同じように仰向けになって空を見ていた昴が顔をこちらに向けてきた。


あと数十センチの距離に、ドキドキする胸を抑えながら空を仰ぐ。




「楽しいこの時間が、止まっちゃえばいいのになって思って」




昴と過ごす日々は毎日楽しくて、幸せで、夏休みが終わってほしくないと思った。


また夏休みが終わったら昴とは離れ離れ。もしも、もう一度昴と会えなくなってしまったら、どうしよう。
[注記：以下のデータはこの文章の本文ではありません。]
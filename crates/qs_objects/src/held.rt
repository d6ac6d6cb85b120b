// Tickets, what is written down of requests, and an object with its journal.

ghost use Rattle.std.specs.Prelude.{◌≡◌, ◌<◌, ◌+◌, ◌⊎◌, [], length, IfOk, IsErr, IsTrue};
ghost use Rattle.qs_objects.specs.Objects.{has_memory};
ghost use Rattle.qs_objects.specs.audit.Journals.{run_one, has_room as room_is_left};

use crate::Request;
use crate::memory::{Blank, touch};
use crate::object::Object;
use std::alloc::{AllocError, Global};
use std::marker::Model;

/// A client's separate block, by its number from 0.
#[derive(Clone, Copy, Debug, PartialEq, Eq)]
pub struct Ticket {
    pub client: u8,
    pub index: u8,
}

/// What a handler finds next in its queue of queues: a block that reserved its object, or that no
/// further one comes.
#[derive(Clone, Copy, Debug, PartialEq, Eq)]
pub enum Next {
    Ticket(Ticket),
    Closed,
}

/// One request that an object served for a ticket, and its reply; a command has none.
pub struct Entry {
    pub ticket: Ticket,
    pub request: Request,
    pub reply: Option<i64>,
}

impl Drop for Entry {
    fn drop(self) {
        let Entry {
            ticket: _,
            request: _,
            reply: _,
        } = self;
    }
}

impl Entry {
    /// The same entry once more; takes no memory.
    pub fn copied(&self) -> Entry
        ensures same { result ≡ self.now }
    {
        let Entry {
            ticket,
            request,
            reply,
        } = self;
        Entry {
            ticket: *ticket,
            request: request.copied(),
            reply: *reply,
        }
    }
}

/// One request that a block made, and its reply; a command has none.
pub struct Event {
    pub request: Request,
    pub reply: Option<i64>,
}

impl Drop for Event {
    fn drop(self) {
        let Event {
            request: _,
            reply: _,
        } = self;
    }
}

impl Blank for Entry {
    fn blank(alloc: Global) -> Entry {
        Entry {
            ticket: Ticket {
                client: 0,
                index: 0,
            },
            request: Request::blank(alloc),
            reply: None,
        }
    }
}

impl Blank for Event {
    fn blank(alloc: Global) -> Event {
        Event {
            request: Request::blank(alloc),
            reply: None,
        }
    }
}

impl Event {
    /// The same event once more; takes no memory.
    pub fn copied(&self) -> Event
        ensures same { result ≡ self.now }
    {
        Event {
            request: self.request.copied(),
            reply: self.reply,
        }
    }
}

/// What an object served, in order.
pub struct Journal {
    entries: Vec<Entry>,
}

impl Drop for Journal {
    fn drop(self) {
        let Journal { entries: _ } = self;
    }
}

impl Model for Journal {
    ghost use Rattle.std.specs.Prelude.{List};
    ghost use Rattle.qs_objects.specs.declared.held.Entry.{Entry};

    ghost Value = { List Entry };

    ghost view = { λ j. j.entries.items };
}

impl Journal {
    /// How many entries there are.
    pub fn len(&self) -> usize
        ensures count { result ≡ length self.now }
    {
        self.entries.len()
    }

    /// The entries, the first served first.
    pub fn as_slice(&self) -> &[Entry]
        ensures entries { result.now ≡ self.now }
    {
        self.entries.as_slice()
    }
}

/// An object with its journal, which has room for a set number of entries from the start: no call
/// after the constructor takes memory.
pub struct Held {
    object: Object,
    entries: Vec<Entry>,
    room: usize,
}

impl Drop for Held {
    fn drop(self) {
        let Held {
            object: _,
            entries: _,
            room: _,
        } = self;
    }
}

impl Model for Held {
    ghost use Rattle.std.specs.Prelude.{◌≤◌, vec_capacity};
    ghost use Rattle.qs_objects.specs.audit.Journals.{HeldState};

    ghost Value = { HeldState };

    ghost view = { λ h. record { object = h.object; journal = h.entries.items; room = h.room } };

    ghost invariant = { λ h. h.room ≤ vec_capacity h.entries };
}

impl Held {
    /// The object with an empty journal, and all the memory for `room` entries. An error says that
    /// this memory was refused; the object is gone then.
    pub fn new(alloc: Global, object: Object, room: usize) -> Result<Held, AllocError>
        ensures ok { IfOk result (λ held. held
            ≡ record { object = object; journal = []; room = room }) }
        ensures memory { IsErr result → 0 < room }
    {
        let entries = Vec::with_capacity(alloc, room)?;
        Ok(Held {
            object,
            entries,
            room,
        })
    }

    /// The same once more, with memory of its own. An error says that this memory was refused.
    pub fn copied(&self, alloc: Global) -> Result<Held, AllocError>
        ensures same { IfOk result (λ held. held ≡ self.now) }
        ensures memory { IsErr result → IsTrue (has_memory self.now.object.content) ⊎ (0 < self.now.room + length self.now.journal) }
    {
        let object = self.object.copied(alloc)?;
        let mut entries = Vec::with_capacity(alloc, self.room)?;
        for entry in &self.entries {
            entries.push(entry.copied())?;
        }
        Ok(Held {
            object,
            entries,
            room: self.room,
        })
    }

    /// Writes to all memory that was taken for the journal, where that is empty, so that no `run` has to wait until the
    /// system finds it. The object and the journal are as they were.
    pub fn touch(&mut self)
        ensures same { self.new ≡ self.old }
    {
        if self.entries.is_empty() {
            touch(&mut self.entries, self.room);
        }
    }

    /// Whether the journal has room for one more entry.
    pub fn has_room(&self) -> bool
        ensures room { result ≡ room_is_left self.now }
    {
        self.room > self.entries.len()
    }

    /// Serves a request and notes it at the journal's end; answers what the object answers. With no
    /// room left it changes nothing and answers None.
    #[inline(always)]
    pub fn run(&mut self, ticket: Ticket, request: Request) -> Option<i64>
        ensures ran { (self.new, result) ≡ run_one self.old ticket request }
    {
        if !self.has_room() {
            return None;
        }
        let reply = self.object.apply(&request);
        self.entries.push_reserved(Entry {
            ticket,
            request,
            reply,
        });
        reply
    }

    /// The object as it is now.
    pub fn object(&self) -> &Object
        ensures object { result.now ≡ self.now.object }
    {
        &self.object
    }

    /// The journal so far.
    pub fn journal(&self) -> &[Entry]
        ensures journal { result.now ≡ self.now.journal }
    {
        &self.entries
    }

    /// The object and its journal, by move; takes no memory.
    pub fn into_parts(self) -> (Object, Journal)
        ensures object { result.0 ≡ self.object }
        ensures journal { result.1 ≡ self.journal }
    {
        let Held {
            object,
            entries,
            room: _,
        } = self;
        (object, Journal { entries })
    }
}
「もう私、ここに住んじゃいたいな…。そしたら、昴と毎日会えるでしょ?」


「うん、そうだね。…でも、陽葵は東京の方が似合うと思うな」


「え?どうして?」


「陽葵は眩しいから、こんな田舎よりもキラキラした東京の方が、陽葵って感じする」


「あはは、何それ」




都会と田舎。私と昴の心にはそのくらいの距離がある気がした。


毎日会って話しているけど、ちゃんと心から話せていない気がするのはどうしてだろう?



昴に話したいこと、聞きたいことはたくさんあるのに、いつも本当に話したいこととは違う言葉が出てくる。


それに昴は私と再開してからまだ一度も自分の話をしてくれていない。いつも私の話を聞いてくれているだけ。



ずっと会いたかった昴がこんなにも近くにいるのに、どうして前と変わらず遠い場所にいる気がするんだろう…。